Cosmology as model-dependent inference

Jaffe’s work in cosmology illustrates the unavoidable dependence on models. Cosmological parameters are inferred from observational data—such as the CMB—via models of early-universe dynamics, matter content, and statistical structure. The power spectrum is computed under model assumptions and compared to observational data; parameter estimates depend on these assumptions.

The “Hubble tension,” the discrepancy between CMB-inferred expansion rates and local distance-ladder measurements, is fundamentally a disagreement between models. Each analysis embeds assumptions about astrophysics, instrument calibration, cosmology, and priors.
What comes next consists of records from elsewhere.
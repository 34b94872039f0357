ghost use Rattle.std.specs.Prelude.{◌≡◌, ◌⊎◌, ◌<◌, ◌≤◌, length, MatchBool, List, None, IfOk, IfErr, Err, IsOkUnless};
ghost use Rattle.aql_value.specs.Datum.{Datum};
ghost use Rattle.aql_value.specs.Database.{Database};
ghost use Rattle.aql_tree.specs.Tree.{QueryTree};
ghost use Rattle.aql_tree.specs.View.{query_tree};
ghost use Rattle.aql_meaning.specs.Row.{empty_row};
ghost use Rattle.aql_meaning.specs.Meaning.{IsAnswer};
ghost use Rattle.aql_scope.specs.Faults.{first_fault};
ghost use Rattle.aql_top.specs.declared.query_faults.QueryFault.{QueryFault};
ghost use Rattle.aql_top.specs.Reading.{IsWritten, IsRefused, Refuses, IsScoped};

use crate::QueryFault;
use aql_doc::Catalog;
use aql_lex::lex;
use aql_parse::parse;
use aql_scope::{Scoped, scope};
use aql_tree::Query;
use std::alloc::Global;

/// The most bytes of a query.
const QUERY_BYTES: usize = 65_536;

fn is_too_long(text: &str) -> bool
    ensures { MatchBool result (65536 < length text.now) (length text.now ≤ 65536) }
{
    text.len() > QUERY_BYTES
}

// The query that a text spells.
fn query_in(alloc: Global, text: &str) -> Result<Query, QueryFault>
    ensures query { IfOk result (λ q. IsWritten text.now (query_tree q)) }
    ensures fault { IfErr result (λ e. (e ≡ QueryFault.Memory) ⊎ IsRefused text.now e) }
{
    if is_too_long(text) {
        return Err(QueryFault::TooLong);
    }
    let tokens = lex(alloc, text)?;
    Ok(parse(alloc, &tokens)?)
}

// The scoped query, or the first cause of a refusal.
fn judge(alloc: Global, text: &str, catalog: &Catalog) -> Result<Scoped, QueryFault>
    ensures query { IfOk result (λ s. IsScoped catalog.now text.now (query_tree s.query) s.names) }
    ensures answers { IfOk result (λ s. (q : QueryTree) × (IsWritten text.now q
        × ((db : Database) (out : List Datum)
        → IsAnswer db (query_tree s.query) empty_row out → IsAnswer db q empty_row out))) }
    ensures fault { IfErr result (λ e.
        (e ≡ QueryFault.Memory) ⊎ Refuses catalog.now text.now e) }
{
    let query = query_in(alloc, text)?;
    Ok(scope(alloc, query, catalog)?)
}

/// The scoped query of a text (AQL fundamentals; High-level operations), or the first cause of a
/// refusal: the text has at most 65,536 bytes, then tokens, then a tree within the limits of
/// `parse`, and then the names of this tree are looked up among its variables and the collections
/// of `catalog`. `Memory` may come at any time.
pub fn read_query(alloc: Global, text: &str, catalog: &Catalog) -> Result<Scoped, QueryFault>
    // What is given is the text's query, scoped.
    ensures query { IfOk result (λ s. IsScoped catalog.now text.now (query_tree s.query) s.names) }
    ensures answers { IfOk result (λ s. (q : QueryTree) → IsWritten text.now q
        → (db : Database) (out : List Datum)
        → IsAnswer db (query_tree s.query) empty_row out → IsAnswer db q empty_row out) }
    ensures fault { IfErr result (λ e.
        (e ≡ QueryFault.Memory) ⊎ Refuses catalog.now text.now e) }

    // A text with a query and no fault is not refused, and one with a fault is refused with it.
    ensures only_query { (q : QueryTree) → IsWritten text.now q → first_fault catalog.now q ≡ None
        → IsOkUnless result QueryFault.Memory }
    ensures only_fault { (fault : QueryFault) → Refuses catalog.now text.now fault
        → (result ≡ Err fault) ⊎ (result ≡ Err QueryFault.Memory) }
{
    judge(alloc, text, catalog)
}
Resolving the tension requires identifying which modeling assumptions are inadequate.

Even discussions of the multiverse and anthropic selection can be understood as debates about model classes and measures over parameter spaces, rather than as direct claims about unobservable realities.

Understanding as model construction

Across these domains, a consistent structure appears: cognition, scientific reasoning, and interpretation all operate through model construction. There is no direct access to reality independent of representational frameworks. What we call understanding is the capacity to formulate models that successfully predict, integrate, and explain observations.

In this sense, the model is not merely a tool for representing the world. It is the framework within which the concept of “the world” becomes intelligible. Conditionalism captures this explicitly: empirical truth is conditional coherence. Scientific progress consists in constructing and refining models whose coherence with experience surpasses that of their predecessors.

Understanding, therefore, consists in constructing and maintaining models that organize experience effectively. The model provides the structure within which meaning and explanation arise.